That hurt worse. Even as it had in the panic room, the comfort hurt worse, but now more so because he wasn't insane, he knew it was just him and didn't that mean the part of him that had loved the power and the strength and the control was still there, soothing him back into-
"You're not my mom," he said, and heard his voice crack a little. Mary (she felt so real) smoothed his hair back again.
"No," she said kindly. "But I'm the closest thing you'll ever have."
~.~
Lose my number.
He'd pled research but ended up just walking, nowhere in particular.

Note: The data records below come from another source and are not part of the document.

impl Board {
    /// A board of no state.
    #[inline(always)]
    pub fn new() -> Self {
        Board {
            facts: [Fact {
                relation: 0,
                values: [0; COLUMNS],
            }; FACT_END],
            alive: FactSet::new(),
            folded: FactSet::new(),
            changed: FactSet::new(),
            of_relation: [FactSet::new(); RELATIONS],
            by_value: [Sharing {
                facts: [FactSet::new(); SHARES],
            }; COLUMNS],
            over: false,
            places: [0; HASHES],
            counts: [None; MOST_KEPT],
            most_fits: 0,
            listed: ListedRows {
                views: [ViewRows {
                    all: RowSet::new(),
                    with_zero: [RowSet::new(); COLUMNS],
                    twins: [RowSet::new(); COLUMN_PAIRS],
                }; MOST_VIEWS],
                keys: [0; KEYS],
                with_value: [RowSet::new(); KEYS],
            },
            struck: Struck {
                slots: [0; SET_WORDS],
                first: [None; FIRSTS],
                next: [None; ENTRIES],
            },
            names: [BlockNames {
                atoms: [NameSet::new(); MOST_ATOMS],
                head: NameSet::new(),
            }; MOST_BLOCKS],
            heads: [HeadWays {
                columns: [HeadWay::Constant(0); COLUMNS],
            }; MOST_VIEWS],
            keyed: SmallSet::new(),
            atom_of: [0; SLOTS],
            targets: [None; SLOTS],
            taken: [0; SET_WORDS],
            has_links: false,
            asked_head: [0; COLUMNS],
            is_started: false,
            budget: 0,
            failures: 0,
            trials: Trials {
                best: 0,
                least: 0,
                hint: RowSet::new(),
                count: 0,
                kept: 0,
                stood: RowSet::new(),
                fell: RowSet::new(),
                looked: 0,
                reason: Advice::Nothing,
            },
            kept: KeptRows::new(),
        }
    }

    /// Takes one from the budget; false if nothing is left.
    pub fn spend(&mut self) -> bool {
        if self.budget == 0 {
            return false;
        }
        self.budget -= 1;
        true
    }

    // ---- the facts

    /// The relation of fact i.
    pub fn relation(&self, i: u8) -> usize {
        self.facts[usize::from(i)].relation as usize
    }

    /// The values of fact i.
    pub fn row(&self, i: u8) -> Row {
        self.facts[usize::from(i)].values
    }

    /// The facts that may have a value in column c.
    pub fn sharing(&self, c: usize, value: u32) -> FactSet {
        self.by_value[c % COLUMNS].facts[value as usize % SHARES]
    }

    /// The facts of a relation that count.
    pub fn alive_of(&self, relation: usize) -> FactSet {
        if RELATIONS <= relation {
            return FactSet::new();
        }
        self.alive.and(&self.of_relation[relation])
    }

    /// Those of them that changed.
    pub fn changed_of(&self, relation: usize) -> FactSet {
        self.alive_of(relation).and(&self.changed)
    }

    /// The facts of a relation that count: all, or those that changed.
    pub fn facts_of(&self, relation: usize, scope: Scope) -> FactSet {
        match scope {
            Scope::All => self.alive_of(relation),
            Scope::Changed => self.changed_of(relation),
        }
    }

    // Sets the values of fact i; whether they are others. Inlined, since values that were just written one by one are slow to read back at once.
    #[inline(always)]
    fn set_values(&mut self, i: u8, row: &Row) -> bool {
        let old = self.row(i);
        if old == *row {
            return false;
        }
        for c in 0..COLUMNS {
            if old[c] != row[c] {
                self.by_value[c].facts[old[c] as usize % SHARES].remove(i);
                self.by_value[c].facts[row[c] as usize % SHARES].insert(i);
            }
        }
        self.facts[usize::from(i)].values = *row;
        true
    }

    /// Brings the facts from one on up to the words, and tells which changed.
    pub fn refresh(&mut self, p: &Plan, ws: &Words, from: usize) {
        self.changed = FactSet::new();
        for i in from..tableau_parts::tableau_size(p) {
            let row = atom_row(p, ws, i);
            if self.set_values(fact_name(i), &row) {
                self.changed.insert(fact_name(i));
            }
        }
    }

    /// Brings the facts of a set up to the words.
    pub fn restore(&mut self, p: &Plan, ws: &Words, set: FactSet) {
        for i in set.iter() {
            let row = atom_row(p, ws, usize::from(i));
            self.set_values(i, &row);
        }
    }

    // The facts that may have a made-up value of the row.
    fn facts_with(&self, row: &Row) -> FactSet {
        let mut set = FactSet::new();
        for v in row {
            if FIRST_MADE_UP <= *v {
                for c in 0..COLUMNS {
                    set = set.or(&self.sharing(c, *v));
                }
            }
        }
        set
    }

    /// Lets the facts be those where the row becomes the other, and tells which changed.
    pub fn suppose(&mut self, row: &Row, to: &Row) {
        self.changed = FactSet::new();
        for i in self.facts_with(row).iter() {
            let new = moved_row(row, to, &self.row(i));
            if self.set_values(i, &new) {
                self.changed.insert(i);
            }
        }
    }

    // Whether another fact of its relation that counts has the values of fact i.
    fn is_twice(&self, i: u8) -> bool {
        let row = self.row(i);
        let mut set = self.alive_of(self.relation(i));
        for (c, v) in row.iter().enumerate() {
            set = set.and(&self.sharing(c, *v));
        }
        for k in set.iter() {
            if k != i && self.row(k) == row {
                return true;
            }
        }
        false
    }

    /// Leaves one of facts that are the same: changed ones go first.
    pub fn keep_one(&mut self) {
        for i in self.changed.and(&self.alive).iter() {
            if self.is_twice(i) {
                self.alive.remove(i);
            }
        }
    }

    // ---- slots

    /// Notes the slots whose values other slots share: those that a slot's word leads to.
    pub fn note_links(&mut self, ws: &Words) {
        search_slots::clear(&mut self.taken);
        for (n, word) in ws.iter().enumerate() {
            if MADE_UP <= *word && *word - MADE_UP < n {
                search_slots::add(&mut self.taken, *word - MADE_UP);
            }
        }
    }

    /// Whether other slots share the value of slot n.
    pub fn is_taken(&self, n: usize) -> bool {
        search_slots::has(&self.taken, n)
    }

    // Whether a value is made up and its slot's facts are left out. A value that other slots share is none of those.
    fn is_left_out(&self, v: u32) -> bool {
        match slot_of(v) {
            Some(n) if n < SLOTS => !self.is_taken(n) && self.folded.has(self.atom_of[n]),
            _ => false,
        }
    }

    /// Whether a row has a value of facts that are left out.
    pub fn is_folded(&self, row: &Row) -> bool {
        row.iter().any(|v| self.is_left_out(*v))
    }

    // ---- views and their rows

    /// Kept row k.
    pub fn kept_at(&self, k: usize) -> Kept {
        self.kept.get(k).unwrap_or_default()
    }

    /// How many listed rows kept row k fits, if something is to be done there.
    pub fn count_at(&self, k: usize) -> Option<u8> {
        if MOST_KEPT <= k {
            return None;
        }
        self.counts[k]
    }

    /// The names of atom j of block b.
    pub fn atom_names(&self, b: usize, j: usize) -> NameSet {
        if MOST_BLOCKS <= b || MOST_ATOMS <= j {
            return NameSet::new();
        }
        self.names[b].atoms[j]
    }

    /// The names of the head of block b.
    pub fn head_names(&self, b: usize) -> NameSet {
        if MOST_BLOCKS <= b {
            return NameSet::new();
        }
        self.names[b].head
    }

    // The value that comes from there, where a view's atoms are the facts of a kept row.
    fn value_by(&self, kept: &Kept, way: HeadWay) -> u32 {
        match way {
            HeadWay::Constant(x) => x,
            HeadWay::At(place) => {
                let row = self.row(kept.fact(usize::from(place.atom)));
                row[usize::from(place.column) % COLUMNS]
            }
        }
    }

    /// The row that its facts give a kept row's view.
    pub fn kept_row(&self, kept: &Kept) -> Row {
        let view = usize::from(kept.view);
        if MOST_VIEWS <= view {
            return [0; COLUMNS];
        }
        let mut row = [0; COLUMNS];
        for (v, way) in row.iter_mut().zip(&self.heads[view].columns) {
            *v = self.value_by(kept, *way);
        }
        row
    }

    // ---- the start

    // Notes the names of each block's atoms and of its head.
    fn note_names(&mut self, p: &Plan) {
        for b in 0..MOST_BLOCKS {
            for j in 0..MOST_ATOMS {
                self.names[b].atoms[j] = names_of(&tableau_parts::atom_terms(p, b, j));
            }
            self.names[b].head = names_of(&tableau_parts::head_terms(p, b));
        }
    }

    // Notes atom i: its relation, its slots, and that it counts, if it is one from the given one on. Relations with a key are counted from 0, so that the
    // last has a digit too.
    fn note_atom(&mut self, p: &Plan, from: usize, i: usize) {
        let name = fact_name(i);
        let relation = tableau_parts::tableau_number(p, i, 0);
        self.facts[usize::from(name)].relation = narrow(relation);
        if tableau_parts::key_of(p, relation) != 0 && relation != 0 {
            self.keyed.insert(((relation - 1) % 64) as u8);
        }
        for c in 0..COLUMNS {
            self.by_value[c].facts[0].insert(name);
        }
        if relation < RELATIONS {
            self.of_relation[relation].insert(name);
        }
        if from <= i {
            self.alive.insert(name);
        }
        for t in tableau_parts::tableau_terms(p, i) {
            if t < SLOTS {
                self.atom_of[t] = name;
            }
        }
    }

    // Notes where each view's head gets its values from.
    fn note_head_ways(&mut self, p: &Plan) {
        for v in 0..MOST_VIEWS {
            let b = VIEW_BLOCKS + v;
            self.heads[v].columns = tableau_parts::head_terms(p, b).map(|t| head_way(p, b, t));
        }
    }

    /// Fills a board of no state for a search in the tableau's atoms from one on.
    pub fn begin(&mut self, p: &Plan, from: usize) {
        self.note_names(p);
        for i in 0..tableau_parts::tableau_size(p) {
            self.note_atom(p, from, i);
        }
        self.note_head_ways(p);
    }
}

There'd be no point in trying to research when he couldn't focus, all he could think about the words circling in his head.
Done trying to save you.
Dean fell in step beside him. "What's the point of giving you a second chance, anyway?" he said. "You'd only waste it."
"Dean," Sam started to say, and stopped. This wasn't Dean. He needed to remember that. Though he wasn't sure it mattered. Neither of them was going to listen to him, even if he'd known what he was supposed to say.
"I should've just wasted you in that church. Or in the basement at Bobby's house, before we came to this. The end of the fucking world, Sammy." Dean snorted and shook his head. "You just couldn't listen to me, could you?"
"I'm sorry," Sam said, quietly, and not knowing why he bothered.
"I know you are," Dean said, and stuck a knife in Sam's kidneys. Sam felt it slice all the way down to his core, the pain as real as the warmth of Mary's hand. "And you're going to be a whole lot sorrier."
"Not real," Sam said, as Dean shoved him and he stumbled to his knees on the sidewalk. "It's not-"
"I'm sorry, Sam," Dean said, kneeling down, eyes full of genuine pain. "I really am. This isn't what I wanted. But I can't let you live. I can't let you drag me down."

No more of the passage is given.